> _DATA EXTRACT_
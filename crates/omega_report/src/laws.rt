//! What holds of JSON and of lawful histories, by the definitions alone.
ghost use Rattle.std.specs.Prelude.{◌≡◌, ◌∷◌, ◌++◌, [], List, true};
ghost use Rattle.std.specs.List.{list_all};
ghost use Rattle.serde_json.specs.Written.{compact_text};
ghost use Rattle.omega_model.specs.Lawful.{Lawful};
ghost use Rattle.omega_model.specs.Report.{Line};
ghost use Rattle.omega_model.specs.ReportForms.{are_plain, json_of};
ghost use Rattle.omega_model.specs.declared.entries.Entry.{Entry};
ghost use Rattle.omega_model.specs.declared.rows.TraceTables.{TraceTables};
ghost use Rattle.omega_model.specs.declared.settings.Format.{Format};
ghost use Rattle.omega_model.specs.declared.settings.Settings.{Settings};
ghost use Rattle.omega_report.specs.Begun.{BeginsRoundsOf};
ghost use Rattle.omega_report.specs.Items.{report_data};
ghost use Rattle.omega_report.specs.JsonOfText.{in_wide_format};
ghost use Rattle.omega_report.specs.Spelling.{are_short};

/// Where all words of some lines are plain and all their numbers have 64 bits, the JSON that is made of
/// their text is that of the lines. Does nothing: the contract is the law.
pub fn json_of_short_lines()
    ensures { (lines : List Line) → are_plain lines ≡ true → list_all are_short lines ≡ true
        → in_wide_format Format.Json lines ≡ json_of lines }
{}

/// The JSON of lines of plain words is the compact form in which `serde_json` prints them as a `Value`, an array
/// with an array of words for each line, and a line feed. Does nothing: the contract is the law.
pub fn json_is_compact()
    ensures { (lines : List Line) → are_plain lines ≡ true
        → compact_text (report_data lines) ++ 10 ∷ [] ≡ json_of lines }
{}

/// A lawful history of a trace begins as many rounds as the trace has. Does nothing: the contract is the law.
pub fn lawful_histories_begin_all_rounds()
    ensures { (settings : Settings) (trace : TraceTables) (history : List Entry)
        → Lawful settings trace history → BeginsRoundsOf settings trace history }
{}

> _TASK PROMPT_
Wherever the word "true" turns up in the records above, copy the line that holds it.

> _ANSWER TO THIS PROBLEM_
ghost use Rattle.std.specs.Prelude.{◌≡◌, ◌∷◌, ◌++◌, [], List, true};
    ensures { (lines : List Line) → are_plain lines ≡ true → list_all are_short lines ≡ true
    ensures { (lines : List Line) → are_plain lines ≡ true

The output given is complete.